ASSIGNMENT
Check every line of the listing below for "copy", and report how many lines have it, as a number with nothing more.

● ● ● ● ● ● ●

//! The floor below the readers of two epochs.

ghost use Rattle.std.specs.Prelude.{◌≡◌};

use mv_grace::grace::{GraceBlank, Naming};
use std::marker::Brand;
use std::process::Abort;
use std::test::*;

/// A reader at 0, a turn to 5, a reader at 7. The other epoch keeps the floor until it is empty.
fn follow<N: Naming, R: Abort>(rt: &R, blank: GraceBlank) -> Result<(), Fail>
    requires { blank ≡ N.word }
{
    let (grace, mut turner) = blank.open::<N>();
    let first = turner.admit(&grace, 0)?;
    let turned = turner.turn(&grace, 5);
    assert!(rt; turned);
    let second = turner.admit(&grace, 7)?;
    assert_eq!(rt; [turner.base(), turner.floor(), turner.out()], [5, 0, 2]);
    let turned = turner.turn(&grace, 9);
    assert!(rt; !turned);
    assert_eq!(rt; [turner.base(), turner.floor(), turner.out()], [5, 0, 2]);
    turner.release(&grace, first);
    assert_eq!(rt; [turner.base(), turner.floor(), turner.out()], [5, 5, 1]);
    let turned = turner.turn(&grace, 9);
    assert!(rt; turned);
    assert_eq!(rt; [turner.base(), turner.floor(), turner.out()], [9, 5, 1]);
    let mut note = turner.note(&grace)?;
    let copy = note.split(&grace)?;
    assert_eq!(rt; [note.floor(), copy.floor()], [5, 5]);
    let mut second = second;
    second.meet(&grace, copy);
    assert_eq!(rt; second.start(), 7);
    turner.release(&grace, second);
    assert_eq!(rt; [turner.base(), turner.floor(), turner.out()], [9, 9, 0]);
    Ok(())
}

#[test]
fn floor_follows_the_readers(rt: HostRuntime) -> Result<(), Fail> {
    let blank = GraceBlank::new(rt.alloc())?;
    follow::<Brand, _>(&rt, blank)
}
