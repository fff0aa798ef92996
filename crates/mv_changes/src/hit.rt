//! Whether a change hits a record.

ghost use Rattle.std.specs.Prelude.{◌≡◌, ◌==◌, ◌&&◌, ◌||◌, not, List};
ghost use Rattle.std.specs.List.{list_any, filter};
ghost use Rattle.mv_values.specs.Preds.{admits, sees};
ghost use Rattle.mv_record.specs.declared.record.Record.{Record};
ghost use Rattle.mv_record.specs.Runs.{writes_in};
ghost use Rattle.mv_undo.specs.Owning.{earlier, touches};
ghost use Rattle.mv_history.specs.Changes.{is_same};
ghost use Rattle.mv_history.specs.Hits.{is_alike, hits, any_hits};
ghost use Rattle.mv_changes.specs.Admitting.{AreAdmitted};
ghost use Rattle.mv_changes.specs.Hitting.{hits_pred, hits_admitted};

use crate::changes::Changes;
use crate::columns::are_alike;
use mv_history::change::Change;
use mv_log::pred_ref::Preds;
use mv_log::record_ref::RecordRef;
use mv_undo::undo::Undo;
use mv_values::pred_ref::PredRef;

/// Whether the predicate sees the same of the row before the change and after it.
fn sees_same(pred: &PredRef<'_>, change: &Change) -> bool
    ensures { result ≡ is_same (sees pred.now change.now.before) (sees pred.now change.now.after) }
{
    pred.same(change.before.as_ref(), change.after.as_ref())
}

/// Whether a record below `number` wrote the key of the change.
fn has_written(number: usize, undo: &Undo<'_>, change: &Change) -> bool
    ensures { result ≡ touches change.now.table change.now.key (earlier number undo.now) }
{
    undo.touched(number, change.table, &change.key)
}

/// Whether a change that the predicate doesn't see hits it: it differs in a column that the predicate names, of a key
/// that the predicate admits and an earlier record wrote.
fn hits_unseen(pred: &PredRef<'_>, number: usize, undo: &Undo<'_>, change: &Change) -> bool
    ensures { result ≡ (admits pred.now change.now.key && (not (is_alike pred.now change.now.before change.now.after) && touches change.now.table change.now.key (earlier number undo.now))) }
{
    pred.admits(&change.key)
        && (!are_alike(pred, &change.before, &change.after) && has_written(number, undo, change))
}

/// Whether a change that the predicate sees hits it.
fn hits_seen(pred: &PredRef<'_>, number: usize, undo: &Undo<'_>, change: &Change) -> bool
    ensures { result ≡ (admits pred.now change.now.key || not (touches change.now.table change.now.key (earlier number undo.now))) }
{
    pred.admits(&change.key) || !has_written(number, undo, change)
}

/// Whether a change of the predicate's table hits the predicate of the record with this number. Looks the own writes up
/// only for a change that the predicate doesn't see although it names a column that differs.
fn differs(pred: &PredRef<'_>, number: usize, undo: &Undo<'_>, change: &Change) -> bool
    ensures { result ≡ hits_pred (earlier number undo.now) change.now pred.now }
{
    if sees_same(pred, change) {
        hits_unseen(pred, number, undo, change)
    } else {
        hits_seen(pred, number, undo, change)
    }
}

/// Whether a change hits the predicate.
fn hits_table(pred: &PredRef<'_>, number: usize, undo: &Undo<'_>, change: &Change) -> bool
    ensures { result ≡ ((pred.now.table == change.now.table) && hits_pred (earlier number undo.now) change.now pred.now) }
{
    pred.table() == change.table && differs(pred, number, undo, change)
}

/// Whether a change hits one of these predicates.
fn hits_one(preds: &Preds<'_>, number: usize, undo: &Undo<'_>, change: &Change) -> bool
    ensures { result ≡ list_any (λ p. (p.table == change.now.table) && hits_pred (earlier number undo.now) change.now p) preds.now }
{
    for at in 0..preds.len() {
        if hits_table(&preds.get(at), number, undo, change) {
            return true;
        }
    }
    false
}

/// Whether a change hits the record with this number. `undo` has the writes of the call's records. A change hits if one
/// of the record's predicates sees something else of the row after it: whether the row passes the tests, or a column
/// that is selected. Of a key that an earlier record of the call wrote, every column that the predicate tests or
/// selects counts, if the predicate admits the key. Allocates nothing. Costs the tests and columns of the record's
/// predicates, and at most a look-up in the own writes for each.
pub fn hit(record: &RecordRef<'_>, number: usize, undo: &Undo<'_>, change: &Change) -> bool
    ensures { (before : List Record) → earlier number undo.now ≡ writes_in before → result ≡ hits before record.now change.now }
{
    hits_one(&record.preds(), number, undo, change)
}

/// Whether a change of the predicate's table hits it at a key that it admits. Tries the key first: few changes are of
/// such a key, and the rows of the others need no look.
fn differs_admitted(pred: &PredRef<'_>, number: usize, undo: &Undo<'_>, change: &Change) -> bool
    ensures { result ≡ hits_admitted (earlier number undo.now) change.now pred.now }
{
    pred.admits(&change.key) && differs(pred, number, undo, change)
}

/// Whether one of these changes of the predicate's table hits it at a key that it admits.
fn one_hits(pred: &PredRef<'_>, number: usize, undo: &Undo<'_>, changes: &[Change]) -> bool
    ensures { result ≡ list_any (λ c. hits_admitted (earlier number undo.now) c pred.now) changes.now }
{
    changes
        .iter()
        .any(|change| differs_admitted(pred, number, undo, change))
}

/// Whether one of a commit's changes hits the predicate at a key that it admits. Tries those of its table alone.
fn commit_hits(pred: &PredRef<'_>, number: usize, undo: &Undo<'_>, changes: &Changes) -> bool
    ensures { result ≡ list_any (λ c. hits_admitted (earlier number undo.now) c pred.now) (filter (λ c. c.table == pred.now.table) changes.now) }
{
    one_hits(pred, number, undo, changes.of_table(pred.table()))
}

/// Whether one of a commit's changes hits one of these predicates at a key that it admits.
fn commit_hits_one(preds: &Preds<'_>, number: usize, undo: &Undo<'_>, changes: &Changes) -> bool
    ensures { result ≡ list_any (λ p. list_any (λ c. hits_admitted (earlier number undo.now) c p) (filter (λ c. c.table == p.table) changes.now)) preds.now }
{
    for at in 0..preds.len() {
        if commit_hits(&preds.get(at), number, undo, changes) {
            return true;
        }
    }
    false
}

/// Whether one of a commit's changes hits the record with this number, as `hit` tells. `undo` has the writes of the
/// call's records. Allocates nothing. The record's predicates must match rows only under keys that they admit, as they do
/// in tables where each row has its own key. Tries the changes of the tables of the record's predicates alone, which it
/// finds in the logarithm of the number of changes for each predicate. Looks at the rows only of a change whose key the
/// predicate admits.
pub fn any_hit(record: &RecordRef<'_>, number: usize, undo: &Undo<'_>, changes: &Changes) -> bool
    ensures { (before : List Record) → earlier number undo.now ≡ writes_in before → AreAdmitted changes.now record.now → result ≡ any_hits changes.now before record.now }
{
    commit_hits_one(&record.preds(), number, undo, changes)
}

● ● ● ● ● ● ●

SOLUTION TO THE PROBLEM
3